-- MATERIALS PROVIDED follows --

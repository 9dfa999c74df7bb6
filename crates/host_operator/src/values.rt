//! JSON that the operator is told. Each of these types lets go of all that it has in one place.
use etcd_types::Mem;
use serde_json::{Map, Value};
use std::alloc::Global;

/// A value that is whole.
pub(crate) struct JsonValue {
    value: Value,
}

impl Drop for JsonValue {
    fn drop(self) {
        let JsonValue { value: _ } = self;
    }
}

impl JsonValue {
    /// Its text in a line.
    pub(crate) fn to_line(&self, alloc: Global) -> Mem<Vec<u8>> {
        let mut text = self.value.to_vec(alloc)?;
        text.push(b'\n')?;
        Ok(text)
    }

    fn into_value(self) -> Value {
        let JsonValue { value } = self;
        value
    }
}

/// An object that is being made. Its members are told in the order of their names.
pub(crate) struct JsonObject {
    alloc: Global,
    members: Map<String, Value>,
}

impl Drop for JsonObject {
    fn drop(self) {
        let JsonObject {
            alloc: _,
            members: _,
        } = self;
    }
}

impl JsonObject {
    /// One without members.
    pub(crate) fn new(alloc: Global) -> JsonObject {
        JsonObject {
            alloc,
            members: Map::new(alloc),
        }
    }

    /// One that has this member alone.
    pub(crate) fn of(alloc: Global, name: &str, value: JsonValue) -> Mem<JsonValue> {
        let mut object = JsonObject::new(alloc);
        object.add(name, value)?;
        Ok(object.finish())
    }

    pub(crate) fn add(&mut self, name: &str, value: JsonValue) -> Mem<()> {
        serde_json::put(&mut self.members, self.alloc, name, value.into_value())
    }

    pub(crate) fn add_number(&mut self, name: &str, number: u64) -> Mem<()> {
        serde_json::put(&mut self.members, self.alloc, name, Value::from(number))
    }

    pub(crate) fn add_signed(&mut self, name: &str, number: i64) -> Mem<()> {
        serde_json::put(&mut self.members, self.alloc, name, Value::from(number))
    }

    pub(crate) fn add_flag(&mut self, name: &str, is_set: bool) -> Mem<()> {
        serde_json::put(&mut self.members, self.alloc, name, Value::Bool(is_set))
    }

    pub(crate) fn add_text(&mut self, name: &str, text: String) -> Mem<()> {
        serde_json::put(&mut self.members, self.alloc, name, Value::String(text))
    }

    /// Two numbers as an object of their own.
    pub(crate) fn add_pair(
        &mut self,
        name: &str,
        first: (&str, u64),
        second: (&str, u64),
    ) -> Mem<()> {
        let mut pair = JsonObject::new(self.alloc);
        pair.add_number(first.0, first.1)?;
        pair.add_number(second.0, second.1)?;
        self.add(name, pair.finish())
    }

    /// The object as it is.
    pub(crate) fn finish(self) -> JsonValue {
        let JsonObject { alloc: _, members } = self;
        JsonValue {
            value: Value::Object(members),
        }
    }
}

/// A list that is being made.
pub(crate) struct JsonList {
    items: Vec<Value>,
}

impl Drop for JsonList {
    fn drop(self) {
        let JsonList { items: _ } = self;
    }
}

impl JsonList {
    /// An empty one.
    pub(crate) fn new(alloc: Global) -> JsonList {
        JsonList {
            items: Vec::new(alloc),
        }
    }

    pub(crate) fn add(&mut self, value: JsonValue) -> Mem<()> {
        serde_json::push(&mut self.items, value.into_value())
    }

    /// The list as it is.
    pub(crate) fn finish(self) -> JsonValue {
        let JsonList { items } = self;
        JsonValue {
            value: Value::Array(items),
        }
    }
}
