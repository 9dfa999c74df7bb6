//! A connection of the operator: hyper reads heads and writes answers, with an exchange for each request.
//!
//! Who serves connections needs to know nothing of what one is made of, and neither does the proof of his code.
ghost use Rattle.hyper.specs.ServerDispatch.{Runs};

use crate::requests::{OperatorExchange, OperatorGateway};
use bytes::Bytes;
use connection_table::Patience;
use event_loop::{BodyTimer, EventLoop};
use futures::Future;
use futures::task::{Context, Poll};
use http_body_util::Full;
use hyper::Request;
use hyper::body::{Body, Incoming};
use hyper::rt::TokioTimer;
use hyper::server::conn::http1;
use hyper::service::Service;
use std::alloc::Global;
use std::hash::RandomState;
use std::io;
use std::random::RandomSource;
use std::rt::Clock;
use tokio::io::{AsyncRead, AsyncWrite};
use tokio::net::TcpStream;

/// How heads and bodies are read and answers are written.
pub(crate) struct OperatorHttp<R: Clock + Copy + Drop> {
    builder: http1::Builder<TokioTimer<R>>,
    bodies: BodyTimer,
}

impl<R: Clock + Copy + Drop> Drop for OperatorHttp<R> {
    fn drop(self) {
        let OperatorHttp {
            builder: _,
            bodies: _,
        } = self;
    }
}

impl<R: Clock + RandomSource + Copy + Drop> OperatorHttp<R> {
    /// For the connections of an event loop, whose peers have so much patience.
    pub(crate) fn new(
        rt: R,
        alloc: Global,
        event_loop: &EventLoop,
        patience: Patience,
    ) -> io::Result<OperatorHttp<R>> {
        let keys = RandomState::new(&rt)?;
        let timers = event_loop.timers().clone()?;
        let mut builder = http1::Builder::new(alloc, keys).timer(TokioTimer::new(rt, timers));
        builder.header_read_timeout(Some(patience.for_head()));
        let bodies = BodyTimer {
            timers: event_loop.timers().clone()?,
            patience: patience.for_body(),
        };
        Ok(OperatorHttp { builder, bodies })
    }
}

impl<R: Clock + Copy + Drop> OperatorHttp<R> {
    /// What a connection's bodies are timed by; none where there is no memory to share it.
    pub(crate) fn body_timer(&self) -> Option<BodyTimer> {
        self.bodies.share()
    }
}

/// A connection of the operator. It is ready once it has ended.
pub(crate) struct OperatorConnection<R: Clock + Eprint + Copy + Drop> {
    connection: http1::Connection<TcpStream, OperatorGateway<R>, Full<Bytes>, TokioTimer<R>>,
}

impl<R: Clock + Eprint + Copy + Drop> Drop for OperatorConnection<R> {
    fn drop(self) {
        let OperatorConnection { connection: _ } = self;
    }
}

impl<R: Clock + Eprint + Copy + Drop> OperatorConnection<R> {
    /// It takes no memory until it is polled.
    pub(crate) fn new(
        http: &OperatorHttp<R>,
        stream: TcpStream,
        gateway: OperatorGateway<R>,
    ) -> OperatorConnection<R>
        ensures { ⟦<OperatorConnection<R> as Future>⟧.can_poll result }
    {
        OperatorConnection {
            connection: http.builder.serve_connection(stream, gateway),
        }
    }
}

impl<R: Clock + Eprint + Copy + Drop> Future for OperatorConnection<R> {
    type Output = hyper::Result<()>;

    ghost can_poll = { λ c. Runs ⟦<TcpStream as AsyncRead>⟧ ⟦<TcpStream as AsyncWrite>⟧
        ⟦<OperatorGateway<R> as Service<Request<Incoming<TcpStream>>>>⟧ ⟦<OperatorExchange<TcpStream, R> as Future>⟧
        ⟦<Full<Bytes> as Body>⟧ ⟦<Bytes as Into<Bytes>>⟧ c.connection.conn };

    fn poll(&mut self, cx: &mut Context<'_>) -> Poll<hyper::Result<()>> {
        self.connection.poll(cx)
    }
}
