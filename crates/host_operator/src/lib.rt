//! The operator of a host: tenants come, change and go while the server runs.
//!
//! 1. `OperatorSocket::bind` listens where the configuration says, and `serve_operator` serves him on one thread, which
//!    has the registry to itself (`serving`).
//! 2. On a connection (`connection`) a request is read, its token is compared, and it is handed in (`requests`). Its method
//!    and its path say which call it is, and each refusal has a status and a text (`calls`).
//! 3. The `Operator` does the call (`operator`), on the registry and on the tenants as they are served (`directory`). What it
//!    tells is JSON (`answer`, `values`), a tenant as in `shown`. What a dashboard is told is in `metrics`, and what memory the
//!    process has in `memory`.
//! 4. `Stopping` of `connection_table` says whether connections of clients are accepted, and tells the server to end.
#![tactic(auto)]

mod answer;
mod calls;
mod connection;
mod directory;
mod memory;
mod metrics;
mod operator;
mod requests;
mod serving;
mod shown;
mod values;

pub use directory::TenantDirectory;
pub use operator::Operator;
pub use serving::{OperatorSocket, serve_operator};
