//! The operator's loop: it accepts his connections, and reads and answers their requests.
use crate::calls::OperatorCall;
use crate::connection::{OperatorConnection, OperatorHttp};
use crate::directory::TenantDirectory;
use crate::operator::Operator;
use crate::requests::{OperatorEntrance, OperatorGateway, OperatorOutcome, OperatorRequest};
use connection_table::{Patience, give_up};
use etcd_types::Mem;
use event_loop::{ConnectionTask, EventLoop, MakesTasks, TaskGroup};
use futures::task::{Context, Poll};
use futures::{Future, ready};
use host_config::OperatorConfig;
use std::alloc::{AllocGlobal, Global};
use std::net::{Net, SocketAddr};
use std::random::RandomSource;
use std::rt::Files;
use std::sync::atomic::{AtomicUsize, Ordering};
use std::sync::{Arc, Wait};
use std::time::{Clock, Duration};
use std::{io, net, thread};
use tokio::net::{TcpListener, TcpStream};
use tokio::sync::mpsc::UnboundedReceiver;

/// How many milliseconds no connection is accepted after one could not be.
const PAUSE: u64 = 50;

/// How many seconds connections have to end once the server has. One that is in use, as a dashboard's, would never end.
const SECONDS_AT_THE_END: u64 = 1;

/// Where the operator's connections come in.
pub struct OperatorSocket {
    event_loop: EventLoop,
    guarded: GuardedListener,
}

/// Where he is listened to, and what he has to bring.
struct GuardedListener {
    /// The thread that serves the operator makes it one of its event loop.
    listener: net::TcpListener,
    token: Option<Vec<u8>>,
    patience: Patience,
}

impl Drop for OperatorSocket {
    fn drop(self) {
        let OperatorSocket {
            event_loop: _,
            guarded: _,
        } = self;
    }
}

impl Drop for GuardedListener {
    fn drop(self) {
        let GuardedListener {
            listener: _,
            token: _,
            patience: _,
        } = self;
    }
}

impl GuardedListener {
    /// Listens where the configuration says.
    fn of<R: Net>(
        rt: &R,
        config: &OperatorConfig,
        token: Option<Vec<u8>>,
        patience: Patience,
    ) -> io::Result<GuardedListener> {
        let listener = net::TcpListener::from(mio::net::TcpListener::bind(rt, config.listen)?);
        give_up(&listener, patience)?;
        Ok(GuardedListener {
            listener,
            token,
            patience,
        })
    }

    fn into_parts(self) -> (net::TcpListener, Option<Vec<u8>>, Patience) {
        let GuardedListener {
            listener,
            token,
            patience,
        } = self;
        (listener, token, patience)
    }
}

impl OperatorSocket {
    /// Listens where the configuration says.
    pub fn bind<R>(
        rt: &R,
        config: &OperatorConfig,
        patience: Patience,
    ) -> io::Result<OperatorSocket>
    where
        R: Clock + Net + RandomSource + AllocGlobal,
    {
        let token = match &config.token {
            Some(token) => Some(Vec::from_slice(rt.alloc(), token.as_slice())?),
            None => None,
        };
        let guarded = GuardedListener::of(rt, config, token, patience)?;
        Ok(OperatorSocket {
            event_loop: EventLoop::new(rt)?,
            guarded,
        })
    }

    /// The address that the operator connects to.
    pub fn address(&self) -> io::Result<SocketAddr> {
        self.guarded.listener.local_addr()
    }

    fn into_parts(self) -> (EventLoop, GuardedListener) {
        let OperatorSocket {
            event_loop,
            guarded,
        } = self;
        (event_loop, guarded)
    }
}

/// How many connections of the operator may be open.
const MOST: usize = 16;

/// An open connection, which is counted.
struct Counted {
    open: Arc<AtomicUsize>,
}

impl Counted {
    /// None where there is no memory to share the count.
    fn of(open: &Arc<AtomicUsize>) -> Option<Counted> {
        let open = Arc::try_clone(open).ok()?;
        open.fetch_add(1, Ordering::SeqCst);
        Some(Counted { open })
    }
}

impl Drop for Counted {
    fn drop(self) {
        let Counted { open } = self;
        open.fetch_sub(1, Ordering::SeqCst);
    }
}

/// A connection of the operator as a task.
type OperatorTask<R> = ConnectionTask<OperatorConnection<R>, Counted>;

/// Makes connections of the operator tasks.
struct Receiving<R: Clock + Copy + Drop> {
    rt: R,
    alloc: Global,
    http: OperatorHttp<R>,
    entrance: Arc<OperatorEntrance>,
    /// How many connections are open.
    open: Arc<AtomicUsize>,
}

impl<R: Clock + Copy + Drop> Drop for Receiving<R> {
    fn drop(self) {
        let Receiving {
            rt: _,
            alloc: _,
            http: _,
            entrance: _,
            open: _,
        } = self;
    }
}

impl<R: Clock + RandomSource + Copy + Drop> Receiving<R> {
    /// On an event loop, for peers with so much patience, whose requests are handed in at an entrance.
    fn new(
        rt: R,
        alloc: Global,
        event_loop: &EventLoop,
        patience: Patience,
        entrance: OperatorEntrance,
    ) -> io::Result<Receiving<R>> {
        Ok(Receiving {
            rt,
            alloc,
            http: OperatorHttp::new(rt, alloc, event_loop, patience)?,
            entrance: Arc::new(alloc, entrance)?,
            open: Arc::new(alloc, AtomicUsize::new(0))?,
        })
    }
}

impl<R: Clock + Eprint + Copy + Drop> MakesTasks<TcpStream, OperatorTask<R>> for Receiving<R> {
    fn make(&self, stream: TcpStream) -> Mem<OperatorTask<R>> {
        let gateway = OperatorGateway {
            rt: self.rt,
            alloc: self.alloc,
            entrance: OperatorEntrance::share(&self.entrance),
            bodies: self.http.body_timer(),
        };
        let connection = OperatorConnection::new(&self.http, stream, gateway);
        ConnectionTask::of(self.alloc, Counted::of(&self.open), connection)
    }
}

/// Accepts the operator's connections, each as a task of a set. Ready once the server has ended.
struct Accepting<'a, 'x, R: Wait + Drop, D: TenantDirectory, M, T: Future> {
    rt: R,
    operator: &'a mut Operator<'x, R, D>,
    arriving: Arriving,
    tasks: &'a TaskGroup<T>,
    maker: M,
}

impl<R: Wait + Drop, D: TenantDirectory, M: Drop, T: Future> Drop
    for Accepting<'_, '_, R, D, M, T> {
    fn drop(self) {
        let Accepting {
            rt: _,
            operator: _,
            arriving: _,
            tasks: _,
            maker: _,
        } = self;
    }
}

impl<R, D, M, T> Future for Accepting<'_, '_, R, D, M, T>
where
    R: Wait + Clock + Files + AllocGlobal + Copy + Drop,
    D: TenantDirectory,
    M: MakesTasks<TcpStream, T>,
    T: Future<Output = ()>,
{
    type Output = ();

    fn poll(&mut self, cx: &mut Context<'_>) -> Poll<()> {
        if self.arriving.ended.poll_recv(cx).is_ready() {
            return Poll::Ready(());
        }
        if let Poll::Ready(Some(request)) = self.arriving.requests.poll_recv(cx) {
            serve(self.operator, request);
            return cx.yield_now();
        }
        match ready!(self.arriving.listener.poll_accept(cx)) {
            Ok((stream, _)) => {
                // One too many is closed.
                if self.arriving.open.load(Ordering::SeqCst) < MOST {
                    let _ = self.tasks.begin(self.maker.make(stream));
                }
            }
            Err(_) => thread::sleep(&self.rt, Duration::from_millis(PAUSE)),
        }
        cx.yield_now()
    }
}

/// Does what a request asks. Whether its peer is still there is all one.
fn serve<R, D>(operator: &mut Operator<'_, R, D>, request: OperatorRequest)
where
    R: Wait + Clock + Files + AllocGlobal + Copy + Drop,
    D: TenantDirectory,
{
    let outcome = outcome_of(operator, &request);
    request.reply(outcome);
}

/// What a request comes to.
fn outcome_of<R, D>(operator: &mut Operator<'_, R, D>, request: &OperatorRequest) -> OperatorOutcome
where
    R: Wait + Clock + Files + AllocGlobal + Copy + Drop,
    D: TenantDirectory,
{
    match OperatorCall::of(request.method.as_str(), request.path.as_str()) {
        Ok(call) => operator.answer(call, request.body.as_slice()),
        Err(refusal) => Err(refusal),
    }
}

/// Serves the operator until the server has ended: until the other end of a channel is let go.
pub fn serve_operator<R, D>(
    rt: R,
    alloc: Global,
    socket: OperatorSocket,
    mut operator: Operator<'_, R, D>,
    ended: UnboundedReceiver<()>,
) -> io::Result<()>
where
    R: Wait + Clock + RandomSource + AllocGlobal + Files + Eprint + Copy + Drop,
    D: TenantDirectory,
{
    let (mut event_loop, guarded) = socket.into_parts();
    event_loop.limit_the_end(Duration::from_secs(SECONDS_AT_THE_END));
    serve_from(rt, alloc, &mut event_loop, &mut operator, guarded, ended)
}

/// The same from a listener, on an event loop.
fn serve_from<R, D>(
    rt: R,
    alloc: Global,
    event_loop: &mut EventLoop,
    operator: &mut Operator<'_, R, D>,
    guarded: GuardedListener,
    ended: UnboundedReceiver<()>,
) -> io::Result<()>
where
    R: Wait + Clock + RandomSource + AllocGlobal + Files + Eprint + Copy + Drop,
    D: TenantDirectory,
{
    let (listener, token, patience) = guarded.into_parts();
    let (entrance, requests) = OperatorEntrance::open(alloc, token)?;
    let receiving = Receiving::new(rt, alloc, &*event_loop, patience, entrance)?;
    let arriving = Arriving {
        listener: TcpListener::from_std(listener, event_loop.reactor())?,
        open: Arc::try_clone(&receiving.open)?,
        requests,
        ended,
    };
    run_tasks(rt, event_loop, operator, arriving, receiving)
}

/// What the operator's connections come by.
struct Arriving {
    listener: TcpListener,
    /// How many connections are open.
    open: Arc<AtomicUsize>,
    requests: UnboundedReceiver<OperatorRequest>,
    ended: UnboundedReceiver<()>,
}

impl Drop for Arriving {
    fn drop(self) {
        let Arriving {
            listener: _,
            open: _,
            requests: _,
            ended: _,
        } = self;
    }
}

/// Runs the operator's connections as tasks.
fn run_tasks<R, D, M, T>(
    rt: R,
    event_loop: &mut EventLoop,
    operator: &mut Operator<'_, R, D>,
    arriving: Arriving,
    maker: M,
) -> io::Result<()>
where
    R: Wait + Clock + RandomSource + AllocGlobal + Files + Copy + Drop,
    D: TenantDirectory,
    M: MakesTasks<TcpStream, T>,
    T: Future<Output = ()>,
{
    let tasks = event_loop.tasks(&rt)?;
    let accepting = Accepting {
        rt,
        operator,
        arriving,
        tasks: &tasks,
        maker,
    };
    event_loop.run(&rt, &tasks, accepting)
}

-- MATERIALS PROVIDED concluded --

TASK DESCRIPTION: Write out only the lines that run from the line containing "impl<R: Clock + Copy + Drop> Drop for OperatorHttp<R>" through the line containing "let timers = event_loop.timers().clone()?;", both included, exactly as they appear above.

RESPONSE:
impl<R: Clock + Copy + Drop> Drop for OperatorHttp<R> {
    fn drop(self) {
        let OperatorHttp {
            builder: _,
            bodies: _,
        } = self;
    }
}

impl<R: Clock + RandomSource + Copy + Drop> OperatorHttp<R> {
    /// For the connections of an event loop, whose peers have so much patience.
    pub(crate) fn new(
        rt: R,
        alloc: Global,
        event_loop: &EventLoop,
        patience: Patience,
    ) -> io::Result<OperatorHttp<R>> {
        let keys = RandomState::new(&rt)?;
        let timers = event_loop.timers().clone()?;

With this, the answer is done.